The nice thing about gasifiers is that they don't produce any smoke or creosote, so they're more environmentally friendly than a conventional boiler, require little or no chimney maintenance, and are, as a result, much safer. If you buy a conventional boiler like the Benjamin you are considering, you'll have to deal with smoke and creosote and the resulting 30-40% efficiency (compared to 80-90%) that results from the smoke going up the stack instead of being burned for heat. A gasifier burns the wood in an upper chamber and then pulls the smoke down into a lower chamber and burns it at around 2,000 degrees. A conventional boiler like the Benjamin CC500 has one firebox, where wood is burned and the smoke is allowed to escape up the stack. The smoke is lost efficiency and air pollution. Simple as that. Most--but not all--gasifiers use a blower to supply air to the burning chambers. Look at the diagram on the left side of the top banner for Cozy Heat. That's a cutaway view of a downdraft gasifier. If you go to the website you can watch a video of the thing working (pretty impressive) and see all the relevant specifications.

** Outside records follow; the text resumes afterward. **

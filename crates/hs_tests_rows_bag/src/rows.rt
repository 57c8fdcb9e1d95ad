//! Rows and their answers.

ghost use Rattle.std.specs.Prelude.{◌≤◌, ◌^◌, IfOk};

use crate::answers::{push_counts, push_plain, push_reduced, push_under};
use hs_tests_formulas::{NoRow, cut, formula};
use std::alloc::Global;
use std::str;

// The most comparisons of a row.
fn atoms(text: &str) -> Result<u64, NoRow>
    ensures { IfOk result (λ n. n ≤ 2 ^ 30) }
{
    match text.parse::<u64>() {
        Ok(atoms) if atoms <= 1 << 30 => Ok(atoms),
        _ => Err(NoRow),
    }
}

fn push_reduction(alloc: Global, out: &mut String, row: &str) -> Result<(), NoRow> {
    push_reduced(alloc, out, &*formula(alloc, row)?)
}

fn push_numbers(alloc: Global, out: &mut String, row: &str) -> Result<(), NoRow> {
    push_counts(alloc, out, &*formula(alloc, row)?)
}

fn push_plainly(alloc: Global, out: &mut String, row: &str) -> Result<(), NoRow> {
    let (budget, f) = cut(row, " ")?;
    let atoms = atoms(budget)?;
    push_plain(alloc, out, &*formula(alloc, f)?, atoms)
}

fn push_bound(alloc: Global, out: &mut String, row: &str) -> Result<(), NoRow> {
    let (word, f) = cut(row, " ")?;
    push_under(alloc, out, word, &*formula(alloc, f)?)
}

fn push_row(alloc: Global, out: &mut String, row: &str) -> Result<(), NoRow> {
    let (call, rest) = cut(row, " ")?;
    match call {
        "reduce" => push_reduction(alloc, out, rest),
        "counts" => push_numbers(alloc, out, rest),
        "plain" => push_plainly(alloc, out, rest),
        "under" => push_bound(alloc, out, rest),
        _ => Err(NoRow),
    }
}

// A row that is none says so.
fn push_answer(alloc: Global, out: &mut String, row: &str) -> Result<(), NoRow> {
    match push_row(alloc, out, row) {
        Ok(()) => Ok(()),
        Err(NoRow) => {
            write!(out, "no row")?;
            Ok(())
        }
    }
}

/// Each row, with its answer.
pub fn table(alloc: Global, bytes: &[u8]) -> Result<String, NoRow> {
    let mut out = String::new(alloc);
    let Ok(text) = str::from_utf8(bytes) else {
        return Err(NoRow);
    };
    for row in text.lines() {
        write!(out, "{row}\n")?;
        if !row.starts_with("//") {
            write!(out, "  ")?;
            push_answer(alloc, &mut out, row)?;
            write!(out, "\n")?;
        }
        write!(out, "\n")?;
    }
    Ok(out)
}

Here's the link to the manufacturers' website and the page for the Benjamin CC500. It doesn't give any details or specifications, so it's hard to say how big that boiler is, but I'm guessing 75 or 100K btu. The EKO 25, for example, puts out 80K btu per hour. I'm always suspicious of product descriptions that spend a lot of time talking about basically irrelevant product features (i.e., "Dutch Oven" effect) without talking about specifics. What's its _overall_ efficiency when burning wood? How big is the firebox? What's the output?

http://www.apimaine.com/CC500.html

And they talk about the "Energy Star" rating, without providing any details, either. My strong hunch is that any Energy Star rating they get will apply to the oil side only--not the wood, despite the strong implication to the contrary.


----------



## webbie

I sold and also used the basic Benjamin wood boilers with the "dutch oven" design. This design is a simple cylinder - nothing else. No enhanced combustion features.

As to boiler sizing, I think you have to have a heat load done on your house. Sq feet is not a good criteria to go by, because construction and climate can differ.

Yes, I am talking about 30-40% on the wood side, keeping in mind that our members here have tested some of the best boilers on the market and only gotten 60% or so. In terms of pollution output, a basic boiler like the B would put out 10x as much than a high efficiency downdraft (gasifier).

I know that the new generation costs more - any way you look at it the total $$ on a hot water wood central heating system can add up fast.


----------



## Eric Johnson

Are you working with a contractor who sells the Benjamin and wants to install it in your house, or did you research this on your own? If the former, did he do a heatloss calc on your house to determine your needs?

You can do your own heat loss calc by downloading the free calculator here:

http://www.heatinghelp.com


----------



## gshep

Thank you both for your insight


----------



## Mainewood

gshep said:
			
		

> Hi,
> I'm wondering if there's anyone who can help me with this. I'm in search of a indoor wood/oil boiler. I've spoken with Tarm regarding their product; for the most part it appears that their units are too large for my space. My house is approx. 1000 sq. ft. w/hot water baseboard heat. Does anyone have any experience with the Benjamin cc500. Is this a good unit? Additionally what should I be concerning myself with when looking for multi-fuel boilers. Thus far; there doesn't seem to be many manufactors of combo units.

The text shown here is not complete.